> [What is needed]: Each entry, from beginning to end, is to be transcribed verbatim.

Stored data:
------

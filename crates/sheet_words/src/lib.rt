// Pieces of a text between marks: the lines of a sheet, and the words of a line. And the words that
// name settings or posts by their signs. Every function takes any text; nothing is refused, and nothing
// is written to what a caller lends.
#![tactic(auto)]

mod names;

ghost use Rattle.std.specs.Prelude.{◌≡◌, [], ◌∷◌};
ghost use Rattle.std.specs.Option.{MatchOption};
ghost use Rattle.sheet_words.specs.Words.{split, newline, piece_end, begins, passed_over, among};
ghost use Rattle.sheet_words.specs.Lines.{LineCut};

pub use names::{Marks, marks_of};
use refusal::Refusal;

// "Rules and question texts have at most 65,536 bytes (else 24)."
pub const TEXT_MOST: usize = 65536;

// Why a text is refused, and the line that is printed as the refusal's place; 0 where no line is.
#[derive(Clone, Copy, Debug, PartialEq, Eq)]
pub struct Fault {
    pub why: Refusal,
    pub line: usize,
}

// Where the piece that begins at `at` ends: the place of the next mark, or the text's end; `at` itself
// where that is past the end.
pub fn piece_end(text: &[u8], at: usize, mark: u8) -> usize
    ensures { result ≡ piece_end text.now at mark }
{
    if text.len() <= at {
        return at;
    }
    for i in at..text.len() {
        if text[i] == mark {
            return i;
        }
    }
    text.len()
}

// The first line of a text and the text that follows it; None where no byte 10 ends a line.
pub fn first_line(text: &[u8]) -> Option<(&[u8], &[u8])>
    ensures { MatchOption result (split newline text.now ≡ text.now ∷ []) (λ cut. LineCut text.now cut.0.now cut.1.now) }
{
    let end = piece_end(text, 0, b'\n');
    if end < text.len() {
        Some((&text[..end], &text[end + 1..]))
    } else {
        None
    }
}

// Whether the line begins with these bytes.
pub fn begins(word: &[u8], line: &[u8]) -> bool
    ensures { result ≡ begins word.now line.now }
{
    line.starts_with(word)
}

// Whether the line is passed over where a text may have comments: it is empty, or begins with `#`.
#[tactic(auto, using(crate::proofs::Fronts::passed_empty, crate::proofs::Fronts::passed_first))]
pub fn passed_over(line: &[u8]) -> bool
    ensures { result ≡ passed_over line.now }
{
    line.is_empty() || line[0] == b'#'
}

// Whether c is one of the `count` signs from `first` on.
#[tactic(auto, using(crate::proofs::Fronts::among_shifted), unfolding(crate::specs::Words::among))]
pub fn among(first: u8, count: u8, c: u8) -> bool
    ensures { result ≡ among first count c }
{
    first <= c && c - first < count
}
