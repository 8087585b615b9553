// The words after `team` and `known`: each names a post or a setting, which may have `~` in front.
ghost use Rattle.std.specs.Prelude.{◌≡◌, ◌&&◌, ◌||◌, ℕ, ◌<◌, eqb};
ghost use Rattle.ground.specs.Digits.{bit};
ghost use Rattle.sheet_words.specs.Words.{split, space, is_false, bare, is_name};
ghost use Rattle.sheet_words.specs.Marks.{Marking, Names, are_names};

use crate::among;
use ground::{bit_of, peek};

// Whether `~` stands in front.
fn is_false(word: &[u8]) -> bool
    ensures { result ≡ is_false word.now }
{
    peek(word, 0) == b'~'
}

// The word without `~`.
fn bare(word: &[u8]) -> &[u8]
    ensures { result.now ≡ bare word.now }
{
    match word {
        [b'~', name @ ..] => name,
        _ => word,
    }
}

// Whether the word is one of the `count` signs from `first` on, where `signed` with or without `~`.
#[tactic(auto, unfolding(crate::specs::Words::is_name))]
fn is_name(signed: bool, first: u8, count: u8, word: &[u8]) -> bool
    ensures { result ≡ is_name signed first count word.now }
{
    let name = bare(word);
    (signed || !is_false(word)) && name.len() == 1 && among(first, count, name[0])
}

// How many things a byte can mark.
const MARKS_MOST: u8 = 8;

// What some words name: a bit for each thing, a bit for each without `~`, and whether one is named
// twice.
#[derive(Clone, Copy)]
pub struct Marks {
    pub named: u8,
    pub values: u8,
    pub twice: bool,
}

// The byte with bit i set.
fn with_bit(byte: u8, i: u8) -> u8
    requires { i < 8 }
    ensures { (j : ℕ) → bit result j ≡ (bit byte j || eqb i j) }
{
    byte | (1 << i)
}

// The same where the value is true.
fn with_value(byte: u8, i: u8, value: bool) -> u8
    requires { i < 8 }
    ensures { (j : ℕ) → bit result j ≡ (bit byte j || (value && eqb i j)) }
{
    if value { with_bit(byte, i) } else { byte }
}

// The marks with one thing more, one of eight.
fn mark(marks: Marks, i: u8, value: bool) -> Marks
    requires { i < 8 }
    ensures { Marking marks i value result }
{
    Marks {
        named: with_bit(marks.named, i),
        values: with_value(marks.values, i, value),
        twice: marks.twice || bit_of(marks.named, i),
    }
}

// What all words name, where each is one of the `count` signs from `first` on, and where `signed` may
// have `~` in front. None where one of them is no name, or where more things could be named than a byte
// can mark.
pub fn marks_of(signed: bool, first: u8, count: u8, words: &[u8]) -> Option<Marks>
    ensures { Names (are_names signed first count (split space words.now)) first (split space words.now) result }
{
    if MARKS_MOST < count {
        return None;
    }
    let mut marks = Marks {
        named: 0,
        values: 0,
        twice: false,
    };
    for word in words.split(|b| *b == b' ') {
        if !is_name(signed, first, count, word) {
            return None;
        }
        marks = mark(marks, bare(word)[0] - first, !is_false(word));
    }
    Some(marks)
}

------

> [Exercise solution]:
filename crates/sheet_words/src/lib.rt
// Pieces of a text between marks: the lines of a sheet, and the words of a line. And the words that
// name settings or posts by their signs. Every function takes any text; nothing is refused, and nothing
// is written to what a caller lends.
#![tactic(auto)]

mod names;

ghost use Rattle.std.specs.Prelude.{◌≡◌, [], ◌∷◌};
ghost use Rattle.std.specs.Option.{MatchOption};
ghost use Rattle.sheet_words.specs.Words.{split, newline, piece_end, begins, passed_over, among};
ghost use Rattle.sheet_words.specs.Lines.{LineCut};

pub use names::{Marks, marks_of};
use refusal::Refusal;

// "Rules and question texts have at most 65,536 bytes (else 24)."
pub const TEXT_MOST: usize = 65536;

// Why a text is refused, and the line that is printed as the refusal's place; 0 where no line is.
#[derive(Clone, Copy, Debug, PartialEq, Eq)]
pub struct Fault {
    pub why: Refusal,
    pub line: usize,
}

// Where the piece that begins at `at` ends: the place of the next mark, or the text's end; `at` itself
// where that is past the end.
pub fn piece_end(text: &[u8], at: usize, mark: u8) -> usize
    ensures { result ≡ piece_end text.now at mark }
{
    if text.len() <= at {
        return at;
    }
    for i in at..text.len() {
        if text[i] == mark {
            return i;
        }
    }
    text.len()
}

// The first line of a text and the text that follows it; None where no byte 10 ends a line.
pub fn first_line(text: &[u8]) -> Option<(&[u8], &[u8])>
    ensures { MatchOption result (split newline text.now ≡ text.now ∷ []) (λ cut. LineCut text.now cut.0.now cut.1.now) }
{
    let end = piece_end(text, 0, b'\n');
    if end < text.len() {
        Some((&text[..end], &text[end + 1..]))
    } else {
        None
    }
}

// Whether the line begins with these bytes.
pub fn begins(word: &[u8], line: &[u8]) -> bool
    ensures { result ≡ begins word.now line.now }
{
    line.starts_with(word)
}

// Whether the line is passed over where a text may have comments: it is empty, or begins with `#`.
#[tactic(auto, using(crate::proofs::Fronts::passed_empty, crate::proofs::Fronts::passed_first))]
pub fn passed_over(line: &[u8]) -> bool
    ensures { result ≡ passed_over line.now }
{
    line.is_empty() || line[0] == b'#'
}

// Whether c is one of the `count` signs from `first` on.
#[tactic(auto, using(crate::proofs::Fronts::among_shifted), unfolding(crate::specs::Words::among))]
pub fn among(first: u8, count: u8, c: u8) -> bool
    ensures { result ≡ among first count c }
{
    first <= c && c - first < count
}
repository 8087585b615b9553
// The words after `team` and `known`: each names a post or a setting, which may have `~` in front.
ghost use Rattle.std.specs.Prelude.{◌≡◌, ◌&&◌, ◌||◌, ℕ, ◌<◌, eqb};
ghost use Rattle.ground.specs.Digits.{bit};
ghost use Rattle.sheet_words.specs.Words.{split, space, is_false, bare, is_name};
ghost use Rattle.sheet_words.specs.Marks.{Marking, Names, are_names};

use crate::among;
use ground::{bit_of, peek};

// Whether `~` stands in front.
fn is_false(word: &[u8]) -> bool
    ensures { result ≡ is_false word.now }
{
    peek(word, 0) == b'~'
}

// The word without `~`.
fn bare(word: &[u8]) -> &[u8]
    ensures { result.now ≡ bare word.now }
{
    match word {
        [b'~', name @ ..] => name,
        _ => word,
    }
}

// Whether the word is one of the `count` signs from `first` on, where `signed` with or without `~`.
#[tactic(auto, unfolding(crate::specs::Words::is_name))]
fn is_name(signed: bool, first: u8, count: u8, word: &[u8]) -> bool
    ensures { result ≡ is_name signed first count word.now }
{
    let name = bare(word);
    (signed || !is_false(word)) && name.len() == 1 && among(first, count, name[0])
}

// How many things a byte can mark.
const MARKS_MOST: u8 = 8;

// What some words name: a bit for each thing, a bit for each without `~`, and whether one is named
// twice.
#[derive(Clone, Copy)]
pub struct Marks {
    pub named: u8,
    pub values: u8,
    pub twice: bool,
}

// The byte with bit i set.
fn with_bit(byte: u8, i: u8) -> u8
    requires { i < 8 }
    ensures { (j : ℕ) → bit result j ≡ (bit byte j || eqb i j) }
{
    byte | (1 << i)
}

// The same where the value is true.
fn with_value(byte: u8, i: u8, value: bool) -> u8
    requires { i < 8 }
    ensures { (j : ℕ) → bit result j ≡ (bit byte j || (value && eqb i j)) }
{
    if value { with_bit(byte, i) } else { byte }
}

// The marks with one thing more, one of eight.
fn mark(marks: Marks, i: u8, value: bool) -> Marks
    requires { i < 8 }
    ensures { Marking marks i value result }
{
    Marks {
        named: with_bit(marks.named, i),
        values: with_value(marks.values, i, value),
        twice: marks.twice || bit_of(marks.named, i),
    }
}

// What all words name, where each is one of the `count` signs from `first` on, and where `signed` may
// have `~` in front. None where one of them is no name, or where more things could be named than a byte
// can mark.
pub fn marks_of(signed: bool, first: u8, count: u8, words: &[u8]) -> Option<Marks>
    ensures { Names (are_names signed first count (split space words.now)) first (split space words.now) result }
{
    if MARKS_MOST < count {
        return None;
    }
    let mut marks = Marks {
        named: 0,
        values: 0,
        twice: false,
    };
    for word in words.split(|b| *b == b' ') {
        if !is_name(signed, first, count, word) {
            return None;
        }
        marks = mark(marks, bare(word)[0] - first, !is_false(word));
    }
    Some(marks)
}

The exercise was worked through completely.